» What you are asked to do
Set the data down once more, exactly as it is written.

» Materials provided
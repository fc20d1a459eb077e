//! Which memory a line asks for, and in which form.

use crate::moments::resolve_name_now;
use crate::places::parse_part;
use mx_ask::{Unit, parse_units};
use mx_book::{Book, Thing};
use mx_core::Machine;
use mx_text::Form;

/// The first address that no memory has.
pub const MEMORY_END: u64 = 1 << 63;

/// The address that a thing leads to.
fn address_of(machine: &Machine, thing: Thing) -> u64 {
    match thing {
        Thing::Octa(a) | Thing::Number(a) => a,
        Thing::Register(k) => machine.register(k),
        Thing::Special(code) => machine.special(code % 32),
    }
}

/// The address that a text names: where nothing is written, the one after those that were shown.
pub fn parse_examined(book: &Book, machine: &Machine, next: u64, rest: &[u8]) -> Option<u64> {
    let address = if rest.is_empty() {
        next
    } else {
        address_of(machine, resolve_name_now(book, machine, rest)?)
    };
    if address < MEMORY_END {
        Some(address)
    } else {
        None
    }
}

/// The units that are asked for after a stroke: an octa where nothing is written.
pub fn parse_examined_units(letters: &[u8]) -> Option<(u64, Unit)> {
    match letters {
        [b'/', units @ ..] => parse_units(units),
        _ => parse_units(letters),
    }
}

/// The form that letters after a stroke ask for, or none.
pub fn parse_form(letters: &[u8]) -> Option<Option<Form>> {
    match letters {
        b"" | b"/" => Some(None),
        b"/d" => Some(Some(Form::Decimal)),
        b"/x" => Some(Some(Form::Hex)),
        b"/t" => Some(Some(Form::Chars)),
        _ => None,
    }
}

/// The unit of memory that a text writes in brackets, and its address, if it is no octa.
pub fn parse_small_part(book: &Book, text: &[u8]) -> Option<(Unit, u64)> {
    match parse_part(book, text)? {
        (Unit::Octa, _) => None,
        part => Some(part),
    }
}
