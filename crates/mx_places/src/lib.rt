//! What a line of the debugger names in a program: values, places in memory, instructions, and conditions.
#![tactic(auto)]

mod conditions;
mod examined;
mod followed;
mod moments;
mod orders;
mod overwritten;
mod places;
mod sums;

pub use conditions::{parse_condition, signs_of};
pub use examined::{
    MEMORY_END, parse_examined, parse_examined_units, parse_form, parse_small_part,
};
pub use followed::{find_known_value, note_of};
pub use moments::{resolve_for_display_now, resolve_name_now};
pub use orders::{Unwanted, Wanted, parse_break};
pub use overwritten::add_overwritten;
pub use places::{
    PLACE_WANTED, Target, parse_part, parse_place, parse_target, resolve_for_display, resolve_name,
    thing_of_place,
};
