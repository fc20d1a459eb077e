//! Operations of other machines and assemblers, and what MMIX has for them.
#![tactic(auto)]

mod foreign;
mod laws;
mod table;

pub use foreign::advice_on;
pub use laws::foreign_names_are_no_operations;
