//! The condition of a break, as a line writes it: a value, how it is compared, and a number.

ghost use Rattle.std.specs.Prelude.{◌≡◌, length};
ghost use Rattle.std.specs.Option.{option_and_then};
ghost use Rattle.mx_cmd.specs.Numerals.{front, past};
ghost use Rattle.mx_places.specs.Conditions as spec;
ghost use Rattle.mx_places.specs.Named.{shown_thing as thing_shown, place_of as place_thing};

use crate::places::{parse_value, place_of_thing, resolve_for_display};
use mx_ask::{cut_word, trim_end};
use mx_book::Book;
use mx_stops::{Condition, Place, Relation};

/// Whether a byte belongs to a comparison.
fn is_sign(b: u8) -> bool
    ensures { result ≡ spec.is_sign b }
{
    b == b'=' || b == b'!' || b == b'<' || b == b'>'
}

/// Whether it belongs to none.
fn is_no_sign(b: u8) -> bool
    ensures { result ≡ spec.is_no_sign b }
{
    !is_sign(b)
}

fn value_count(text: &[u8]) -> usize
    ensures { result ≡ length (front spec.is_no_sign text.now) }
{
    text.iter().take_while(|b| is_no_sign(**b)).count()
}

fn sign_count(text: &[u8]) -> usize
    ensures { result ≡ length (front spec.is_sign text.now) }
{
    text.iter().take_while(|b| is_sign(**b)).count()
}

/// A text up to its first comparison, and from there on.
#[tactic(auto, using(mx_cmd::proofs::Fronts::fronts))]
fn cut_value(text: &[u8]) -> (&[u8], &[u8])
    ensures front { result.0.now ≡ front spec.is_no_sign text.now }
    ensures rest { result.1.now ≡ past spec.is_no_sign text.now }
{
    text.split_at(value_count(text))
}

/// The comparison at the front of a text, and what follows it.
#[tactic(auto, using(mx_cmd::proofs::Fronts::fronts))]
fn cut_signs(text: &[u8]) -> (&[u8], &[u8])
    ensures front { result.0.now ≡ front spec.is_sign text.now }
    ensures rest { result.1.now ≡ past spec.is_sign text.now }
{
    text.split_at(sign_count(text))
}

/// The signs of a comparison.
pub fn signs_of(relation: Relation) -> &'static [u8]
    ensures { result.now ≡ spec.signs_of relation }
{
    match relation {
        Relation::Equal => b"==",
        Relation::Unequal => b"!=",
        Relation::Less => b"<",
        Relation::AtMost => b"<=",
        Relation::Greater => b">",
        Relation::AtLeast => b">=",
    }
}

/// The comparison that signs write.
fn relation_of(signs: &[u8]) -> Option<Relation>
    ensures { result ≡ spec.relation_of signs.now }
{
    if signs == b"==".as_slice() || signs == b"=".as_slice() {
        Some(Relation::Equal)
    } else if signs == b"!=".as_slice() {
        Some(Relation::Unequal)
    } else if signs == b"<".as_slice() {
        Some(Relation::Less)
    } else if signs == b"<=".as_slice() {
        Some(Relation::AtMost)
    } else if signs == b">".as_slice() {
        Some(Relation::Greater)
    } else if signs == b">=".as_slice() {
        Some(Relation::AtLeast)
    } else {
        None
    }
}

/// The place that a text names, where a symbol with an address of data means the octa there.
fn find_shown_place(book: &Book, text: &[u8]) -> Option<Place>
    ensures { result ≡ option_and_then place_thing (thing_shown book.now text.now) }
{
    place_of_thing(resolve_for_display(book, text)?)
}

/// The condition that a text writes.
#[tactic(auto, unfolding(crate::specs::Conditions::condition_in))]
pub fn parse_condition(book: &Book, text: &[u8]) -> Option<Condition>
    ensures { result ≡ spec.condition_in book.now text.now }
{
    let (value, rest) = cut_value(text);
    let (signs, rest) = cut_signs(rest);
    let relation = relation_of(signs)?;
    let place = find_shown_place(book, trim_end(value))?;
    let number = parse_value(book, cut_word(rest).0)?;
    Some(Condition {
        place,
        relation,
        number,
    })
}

» Task output
repository fc20d1a459eb077e
//! Which memory a line asks for, and in which form.

use crate::moments::resolve_name_now;
use crate::places::parse_part;
use mx_ask::{Unit, parse_units};
use mx_book::{Book, Thing};
use mx_core::Machine;
use mx_text::Form;

/// The first address that no memory has.
pub const MEMORY_END: u64 = 1 << 63;

/// The address that a thing leads to.
fn address_of(machine: &Machine, thing: Thing) -> u64 {
    match thing {
        Thing::Octa(a) | Thing::Number(a) => a,
        Thing::Register(k) => machine.register(k),
        Thing::Special(code) => machine.special(code % 32),
    }
}

/// The address that a text names: where nothing is written, the one after those that were shown.
pub fn parse_examined(book: &Book, machine: &Machine, next: u64, rest: &[u8]) -> Option<u64> {
    let address = if rest.is_empty() {
        next
    } else {
        address_of(machine, resolve_name_now(book, machine, rest)?)
    };
    if address < MEMORY_END {
        Some(address)
    } else {
        None
    }
}

/// The units that are asked for after a stroke: an octa where nothing is written.
pub fn parse_examined_units(letters: &[u8]) -> Option<(u64, Unit)> {
    match letters {
        [b'/', units @ ..] => parse_units(units),
        _ => parse_units(letters),
    }
}

/// The form that letters after a stroke ask for, or none.
pub fn parse_form(letters: &[u8]) -> Option<Option<Form>> {
    match letters {
        b"" | b"/" => Some(None),
        b"/d" => Some(Some(Form::Decimal)),
        b"/x" => Some(Some(Form::Hex)),
        b"/t" => Some(Some(Form::Chars)),
        _ => None,
    }
}

/// The unit of memory that a text writes in brackets, and its address, if it is no octa.
pub fn parse_small_part(book: &Book, text: &[u8]) -> Option<(Unit, u64)> {
    match parse_part(book, text)? {
        (Unit::Octa, _) => None,
        part => Some(part),
    }
}
filename crates/mx_places/src/lib.rt
//! What a line of the debugger names in a program: values, places in memory, instructions, and conditions.
#![tactic(auto)]

mod conditions;
mod examined;
mod followed;
mod moments;
mod orders;
mod overwritten;
mod places;
mod sums;

pub use conditions::{parse_condition, signs_of};
pub use examined::{
    MEMORY_END, parse_examined, parse_examined_units, parse_form, parse_small_part,
};
pub use followed::{find_known_value, note_of};
pub use moments::{resolve_for_display_now, resolve_name_now};
pub use orders::{Unwanted, Wanted, parse_break};
pub use overwritten::add_overwritten;
pub use places::{
    PLACE_WANTED, Target, parse_part, parse_place, parse_target, resolve_for_display, resolve_name,
    thing_of_place,
};
repository fc20d1a459eb077e
//! Operations of other machines and assemblers, and what MMIX has for them.
#![tactic(auto)]

mod foreign;
mod laws;
mod table;

pub use foreign::advice_on;
pub use laws::foreign_names_are_no_operations;
//! The condition of a break, as a line writes it: a value, how it is compared, and a number.

ghost use Rattle.std.specs.Prelude.{◌≡◌, length};
ghost use Rattle.std.specs.Option.{option_and_then};
ghost use Rattle.mx_cmd.specs.Numerals.{front, past};
ghost use Rattle.mx_places.specs.Conditions as spec;
ghost use Rattle.mx_places.specs.Named.{shown_thing as thing_shown, place_of as place_thing};

use crate::places::{parse_value, place_of_thing, resolve_for_display};
use mx_ask::{cut_word, trim_end};
use mx_book::Book;
use mx_stops::{Condition, Place, Relation};

/// Whether a byte belongs to a comparison.
fn is_sign(b: u8) -> bool
    ensures { result ≡ spec.is_sign b }
{
    b == b'=' || b == b'!' || b == b'<' || b == b'>'
}

/// Whether it belongs to none.
fn is_no_sign(b: u8) -> bool
    ensures { result ≡ spec.is_no_sign b }
{
    !is_sign(b)
}

fn value_count(text: &[u8]) -> usize
    ensures { result ≡ length (front spec.is_no_sign text.now) }
{
    text.iter().take_while(|b| is_no_sign(**b)).count()
}

fn sign_count(text: &[u8]) -> usize
    ensures { result ≡ length (front spec.is_sign text.now) }
{
    text.iter().take_while(|b| is_sign(**b)).count()
}

/// A text up to its first comparison, and from there on.
#[tactic(auto, using(mx_cmd::proofs::Fronts::fronts))]
fn cut_value(text: &[u8]) -> (&[u8], &[u8])
    ensures front { result.0.now ≡ front spec.is_no_sign text.now }
    ensures rest { result.1.now ≡ past spec.is_no_sign text.now }
{
    text.split_at(value_count(text))
}

/// The comparison at the front of a text, and what follows it.
#[tactic(auto, using(mx_cmd::proofs::Fronts::fronts))]
fn cut_signs(text: &[u8]) -> (&[u8], &[u8])
    ensures front { result.0.now ≡ front spec.is_sign text.now }
    ensures rest { result.1.now ≡ past spec.is_sign text.now }
{
    text.split_at(sign_count(text))
}

/// The signs of a comparison.
pub fn signs_of(relation: Relation) -> &'static [u8]
    ensures { result.now ≡ spec.signs_of relation }
{
    match relation {
        Relation::Equal => b"==",
        Relation::Unequal => b"!=",
        Relation::Less => b"<",
        Relation::AtMost => b"<=",
        Relation::Greater => b">",
        Relation::AtLeast => b">=",
    }
}

/// The comparison that signs write.
fn relation_of(signs: &[u8]) -> Option<Relation>
    ensures { result ≡ spec.relation_of signs.now }
{
    if signs == b"==".as_slice() || signs == b"=".as_slice() {
        Some(Relation::Equal)
    } else if signs == b"!=".as_slice() {
        Some(Relation::Unequal)
    } else if signs == b"<".as_slice() {
        Some(Relation::Less)
    } else if signs == b"<=".as_slice() {
        Some(Relation::AtMost)
    } else if signs == b">".as_slice() {
        Some(Relation::Greater)
    } else if signs == b">=".as_slice() {
        Some(Relation::AtLeast)
    } else {
        None
    }
}

/// The place that a text names, where a symbol with an address of data means the octa there.
fn find_shown_place(book: &Book, text: &[u8]) -> Option<Place>
    ensures { result ≡ option_and_then place_thing (thing_shown book.now text.now) }
{
    place_of_thing(resolve_for_display(book, text)?)
}

/// The condition that a text writes.
#[tactic(auto, unfolding(crate::specs::Conditions::condition_in))]
pub fn parse_condition(book: &Book, text: &[u8]) -> Option<Condition>
    ensures { result ≡ spec.condition_in book.now text.now }
{
    let (value, rest) = cut_value(text);
    let (signs, rest) = cut_signs(rest);
    let relation = relation_of(signs)?;
    let place = find_shown_place(book, trim_end(value))?;
    let number = parse_value(book, cut_word(rest).0)?;
    Some(Condition {
        place,
        relation,
        number,
    })
}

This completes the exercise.